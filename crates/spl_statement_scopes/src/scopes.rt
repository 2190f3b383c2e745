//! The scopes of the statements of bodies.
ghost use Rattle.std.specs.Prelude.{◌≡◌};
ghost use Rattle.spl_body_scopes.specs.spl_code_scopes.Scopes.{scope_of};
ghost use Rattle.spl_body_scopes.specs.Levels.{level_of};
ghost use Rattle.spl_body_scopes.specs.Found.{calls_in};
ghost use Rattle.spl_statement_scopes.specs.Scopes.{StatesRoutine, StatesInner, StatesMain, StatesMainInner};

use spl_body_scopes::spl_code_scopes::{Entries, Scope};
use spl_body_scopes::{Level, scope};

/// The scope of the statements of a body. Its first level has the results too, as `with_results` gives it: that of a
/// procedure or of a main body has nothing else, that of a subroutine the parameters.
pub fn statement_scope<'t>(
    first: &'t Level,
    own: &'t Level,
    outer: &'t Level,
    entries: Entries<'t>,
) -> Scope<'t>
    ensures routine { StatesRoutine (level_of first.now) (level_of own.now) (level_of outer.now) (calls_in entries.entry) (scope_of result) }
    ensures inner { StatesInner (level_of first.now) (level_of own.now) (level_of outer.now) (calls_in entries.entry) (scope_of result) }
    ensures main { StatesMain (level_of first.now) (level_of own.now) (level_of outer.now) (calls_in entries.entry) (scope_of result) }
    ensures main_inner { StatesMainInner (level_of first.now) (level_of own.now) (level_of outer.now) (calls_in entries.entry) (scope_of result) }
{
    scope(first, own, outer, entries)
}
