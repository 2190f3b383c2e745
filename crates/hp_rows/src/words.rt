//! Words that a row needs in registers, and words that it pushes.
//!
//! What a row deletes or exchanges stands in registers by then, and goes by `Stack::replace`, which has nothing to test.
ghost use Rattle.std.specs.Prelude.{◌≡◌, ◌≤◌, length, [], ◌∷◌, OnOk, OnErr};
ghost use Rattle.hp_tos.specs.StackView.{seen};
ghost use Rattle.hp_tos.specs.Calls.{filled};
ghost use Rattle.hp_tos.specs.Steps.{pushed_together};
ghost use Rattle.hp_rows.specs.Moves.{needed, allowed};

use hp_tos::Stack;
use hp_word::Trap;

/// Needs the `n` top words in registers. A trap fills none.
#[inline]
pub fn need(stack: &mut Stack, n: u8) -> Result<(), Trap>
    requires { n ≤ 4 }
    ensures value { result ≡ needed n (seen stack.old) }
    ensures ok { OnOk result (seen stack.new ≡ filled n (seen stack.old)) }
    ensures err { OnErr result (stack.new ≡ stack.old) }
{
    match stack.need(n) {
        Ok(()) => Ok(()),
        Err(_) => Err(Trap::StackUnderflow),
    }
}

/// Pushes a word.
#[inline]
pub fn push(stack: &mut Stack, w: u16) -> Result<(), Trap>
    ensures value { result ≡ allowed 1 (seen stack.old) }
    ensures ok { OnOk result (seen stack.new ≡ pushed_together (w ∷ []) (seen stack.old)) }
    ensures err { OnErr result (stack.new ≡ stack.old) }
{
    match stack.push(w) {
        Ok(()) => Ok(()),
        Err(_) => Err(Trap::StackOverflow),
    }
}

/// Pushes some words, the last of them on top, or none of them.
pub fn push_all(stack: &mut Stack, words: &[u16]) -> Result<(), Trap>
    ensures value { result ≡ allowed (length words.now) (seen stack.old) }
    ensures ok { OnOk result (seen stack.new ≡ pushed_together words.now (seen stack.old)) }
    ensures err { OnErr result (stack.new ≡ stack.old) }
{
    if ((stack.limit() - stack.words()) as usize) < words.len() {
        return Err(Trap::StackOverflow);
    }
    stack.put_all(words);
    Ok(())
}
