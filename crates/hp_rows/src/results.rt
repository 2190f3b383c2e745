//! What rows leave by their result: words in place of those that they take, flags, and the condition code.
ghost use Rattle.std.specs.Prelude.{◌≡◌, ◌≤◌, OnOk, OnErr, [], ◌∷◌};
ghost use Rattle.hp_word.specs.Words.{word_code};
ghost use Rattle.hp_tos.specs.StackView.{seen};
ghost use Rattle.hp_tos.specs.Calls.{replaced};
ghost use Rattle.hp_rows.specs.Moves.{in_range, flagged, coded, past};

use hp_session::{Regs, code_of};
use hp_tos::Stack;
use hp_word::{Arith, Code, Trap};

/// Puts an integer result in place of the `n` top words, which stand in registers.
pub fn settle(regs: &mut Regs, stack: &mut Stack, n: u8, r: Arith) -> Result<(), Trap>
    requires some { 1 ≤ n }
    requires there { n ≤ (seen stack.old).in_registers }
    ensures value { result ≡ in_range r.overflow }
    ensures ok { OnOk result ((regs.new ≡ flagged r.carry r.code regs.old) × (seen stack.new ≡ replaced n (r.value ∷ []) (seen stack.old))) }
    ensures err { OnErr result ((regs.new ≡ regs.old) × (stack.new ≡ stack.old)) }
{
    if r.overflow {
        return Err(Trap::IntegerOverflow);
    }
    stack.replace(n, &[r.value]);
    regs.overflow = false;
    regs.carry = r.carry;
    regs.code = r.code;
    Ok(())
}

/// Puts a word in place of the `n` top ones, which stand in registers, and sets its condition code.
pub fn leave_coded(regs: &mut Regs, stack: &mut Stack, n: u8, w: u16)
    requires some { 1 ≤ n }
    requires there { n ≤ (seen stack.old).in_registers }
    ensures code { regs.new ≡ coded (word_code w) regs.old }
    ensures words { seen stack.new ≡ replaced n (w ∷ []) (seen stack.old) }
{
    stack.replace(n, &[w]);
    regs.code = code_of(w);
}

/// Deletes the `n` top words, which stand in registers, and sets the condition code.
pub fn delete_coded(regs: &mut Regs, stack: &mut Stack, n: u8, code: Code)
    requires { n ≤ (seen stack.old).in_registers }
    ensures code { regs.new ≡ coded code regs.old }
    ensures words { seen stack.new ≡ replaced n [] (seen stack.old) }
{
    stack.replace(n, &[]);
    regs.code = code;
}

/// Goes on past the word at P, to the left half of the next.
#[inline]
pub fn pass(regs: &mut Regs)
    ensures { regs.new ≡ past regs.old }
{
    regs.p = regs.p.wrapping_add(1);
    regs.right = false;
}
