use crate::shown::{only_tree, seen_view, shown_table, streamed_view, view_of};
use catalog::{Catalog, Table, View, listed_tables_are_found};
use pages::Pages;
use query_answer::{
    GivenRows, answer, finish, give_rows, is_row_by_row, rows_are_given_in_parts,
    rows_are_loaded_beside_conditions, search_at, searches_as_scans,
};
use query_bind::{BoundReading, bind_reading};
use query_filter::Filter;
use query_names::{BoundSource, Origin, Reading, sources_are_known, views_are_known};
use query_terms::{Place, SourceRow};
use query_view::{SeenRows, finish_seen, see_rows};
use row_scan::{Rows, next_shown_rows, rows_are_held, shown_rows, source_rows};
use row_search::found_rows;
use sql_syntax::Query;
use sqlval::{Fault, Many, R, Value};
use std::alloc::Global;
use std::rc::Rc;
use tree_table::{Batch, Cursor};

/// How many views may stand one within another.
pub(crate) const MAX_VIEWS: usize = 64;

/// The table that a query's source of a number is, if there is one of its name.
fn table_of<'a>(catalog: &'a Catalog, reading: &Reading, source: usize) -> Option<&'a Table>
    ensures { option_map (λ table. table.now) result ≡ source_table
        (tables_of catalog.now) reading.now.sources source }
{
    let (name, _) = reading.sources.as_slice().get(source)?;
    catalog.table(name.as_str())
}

________________________

## TASK BRIEF:
Line by line, retype the whole listing exactly.

## RESULT:
filename crates/spl_statement_scopes/src/scopes.rt
repository 2190f3b383c2e745
//! The scopes of the statements of bodies.
ghost use Rattle.std.specs.Prelude.{◌≡◌};
ghost use Rattle.spl_body_scopes.specs.spl_code_scopes.Scopes.{scope_of};
ghost use Rattle.spl_body_scopes.specs.Levels.{level_of};
ghost use Rattle.spl_body_scopes.specs.Found.{calls_in};
ghost use Rattle.spl_statement_scopes.specs.Scopes.{StatesRoutine, StatesInner, StatesMain, StatesMainInner};

use spl_body_scopes::spl_code_scopes::{Entries, Scope};
use spl_body_scopes::{Level, scope};

/// The scope of the statements of a body. Its first level has the results too, as `with_results` gives it: that of a
/// procedure or of a main body has nothing else, that of a subroutine the parameters.
pub fn statement_scope<'t>(
    first: &'t Level,
    own: &'t Level,
    outer: &'t Level,
    entries: Entries<'t>,
) -> Scope<'t>
    ensures routine { StatesRoutine (level_of first.now) (level_of own.now) (level_of outer.now) (calls_in entries.entry) (scope_of result) }
    ensures inner { StatesInner (level_of first.now) (level_of own.now) (level_of outer.now) (calls_in entries.entry) (scope_of result) }
    ensures main { StatesMain (level_of first.now) (level_of own.now) (level_of outer.now) (calls_in entries.entry) (scope_of result) }
    ensures main_inner { StatesMainInner (level_of first.now) (level_of own.now) (level_of outer.now) (calls_in entries.entry) (scope_of result) }
{
    scope(first, own, outer, entries)
}
repository 2190f3b383c2e745
filename crates/hp_rows/src/words.rt
//! Words that a row needs in registers, and words that it pushes.
//!
//! What a row deletes or exchanges stands in registers by then, and goes by `Stack::replace`, which has nothing to test.
ghost use Rattle.std.specs.Prelude.{◌≡◌, ◌≤◌, length, [], ◌∷◌, OnOk, OnErr};
ghost use Rattle.hp_tos.specs.StackView.{seen};
ghost use Rattle.hp_tos.specs.Calls.{filled};
ghost use Rattle.hp_tos.specs.Steps.{pushed_together};
ghost use Rattle.hp_rows.specs.Moves.{needed, allowed};

use hp_tos::Stack;
use hp_word::Trap;

/// Needs the `n` top words in registers. A trap fills none.
#[inline]
pub fn need(stack: &mut Stack, n: u8) -> Result<(), Trap>
    requires { n ≤ 4 }
    ensures value { result ≡ needed n (seen stack.old) }
    ensures ok { OnOk result (seen stack.new ≡ filled n (seen stack.old)) }
    ensures err { OnErr result (stack.new ≡ stack.old) }
{
    match stack.need(n) {
        Ok(()) => Ok(()),
        Err(_) => Err(Trap::StackUnderflow),
    }
}

/// Pushes a word.
#[inline]
pub fn push(stack: &mut Stack, w: u16) -> Result<(), Trap>
    ensures value { result ≡ allowed 1 (seen stack.old) }
    ensures ok { OnOk result (seen stack.new ≡ pushed_together (w ∷ []) (seen stack.old)) }
    ensures err { OnErr result (stack.new ≡ stack.old) }
{
    match stack.push(w) {
        Ok(()) => Ok(()),
        Err(_) => Err(Trap::StackOverflow),
    }
}

/// Pushes some words, the last of them on top, or none of them.
pub fn push_all(stack: &mut Stack, words: &[u16]) -> Result<(), Trap>
    ensures value { result ≡ allowed (length words.now) (seen stack.old) }
    ensures ok { OnOk result (seen stack.new ≡ pushed_together words.now (seen stack.old)) }
    ensures err { OnErr result (stack.new ≡ stack.old) }
{
    if ((stack.limit() - stack.words()) as usize) < words.len() {
        return Err(Trap::StackOverflow);
    }
    stack.put_all(words);
    Ok(())
}
filename crates/hp_rows/src/results.rt
repository 2190f3b383c2e745
//! What rows leave by their result: words in place of those that they take, flags, and the condition code.
ghost use Rattle.std.specs.Prelude.{◌≡◌, ◌≤◌, OnOk, OnErr, [], ◌∷◌};
ghost use Rattle.hp_word.specs.Words.{word_code};
ghost use Rattle.hp_tos.specs.StackView.{seen};
ghost use Rattle.hp_tos.specs.Calls.{replaced};
ghost use Rattle.hp_rows.specs.Moves.{in_range, flagged, coded, past};

use hp_session::{Regs, code_of};
use hp_tos::Stack;
use hp_word::{Arith, Code, Trap};

/// Puts an integer result in place of the `n` top words, which stand in registers.
pub fn settle(regs: &mut Regs, stack: &mut Stack, n: u8, r: Arith) -> Result<(), Trap>
    requires some { 1 ≤ n }
    requires there { n ≤ (seen stack.old).in_registers }
    ensures value { result ≡ in_range r.overflow }
    ensures ok { OnOk result ((regs.new ≡ flagged r.carry r.code regs.old) × (seen stack.new ≡ replaced n (r.value ∷ []) (seen stack.old))) }
    ensures err { OnErr result ((regs.new ≡ regs.old) × (stack.new ≡ stack.old)) }
{
    if r.overflow {
        return Err(Trap::IntegerOverflow);
    }
    stack.replace(n, &[r.value]);
    regs.overflow = false;
    regs.carry = r.carry;
    regs.code = r.code;
    Ok(())
}

/// Puts a word in place of the `n` top ones, which stand in registers, and sets its condition code.
pub fn leave_coded(regs: &mut Regs, stack: &mut Stack, n: u8, w: u16)
    requires some { 1 ≤ n }
    requires there { n ≤ (seen stack.old).in_registers }
    ensures code { regs.new ≡ coded (word_code w) regs.old }
    ensures words { seen stack.new ≡ replaced n (w ∷ []) (seen stack.old) }
{
    stack.replace(n, &[w]);
    regs.code = code_of(w);
}

/// Deletes the `n` top words, which stand in registers, and sets the condition code.
pub fn delete_coded(regs: &mut Regs, stack: &mut Stack, n: u8, code: Code)
    requires { n ≤ (seen stack.old).in_registers }
    ensures code { regs.new ≡ coded code regs.old }
    ensures words { seen stack.new ≡ replaced n [] (seen stack.old) }
{
    stack.replace(n, &[]);
    regs.code = code;
}

/// Goes on past the word at P, to the left half of the next.
#[inline]
pub fn pass(regs: &mut Regs)
    ensures { regs.new ≡ past regs.old }
{
    regs.p = regs.p.wrapping_add(1);
    regs.right = false;
}
use crate::shown::{only_tree, seen_view, shown_table, streamed_view, view_of};
use catalog::{Catalog, Table, View, listed_tables_are_found};
use pages::Pages;
use query_answer::{
    GivenRows, answer, finish, give_rows, is_row_by_row, rows_are_given_in_parts,
    rows_are_loaded_beside_conditions, search_at, searches_as_scans,
};
use query_bind::{BoundReading, bind_reading};
use query_filter::Filter;
use query_names::{BoundSource, Origin, Reading, sources_are_known, views_are_known};
use query_terms::{Place, SourceRow};
use query_view::{SeenRows, finish_seen, see_rows};
use row_scan::{Rows, next_shown_rows, rows_are_held, shown_rows, source_rows};
use row_search::found_rows;
use sql_syntax::Query;
use sqlval::{Fault, Many, R, Value};
use std::alloc::Global;
use std::rc::Rc;
use tree_table::{Batch, Cursor};

/// How many views may stand one within another.
pub(crate) const MAX_VIEWS: usize = 64;

/// The table that a query's source of a number is, if there is one of its name.
fn table_of<'a>(catalog: &'a Catalog, reading: &Reading, source: usize) -> Option<&'a Table>
    ensures { option_map (λ table. table.now) result ≡ source_table
        (tables_of catalog.now) reading.now.sources source }
{
    let (name, _) = reading.sources.as_slice().get(source)?;
    catalog.table(name.as_str())
}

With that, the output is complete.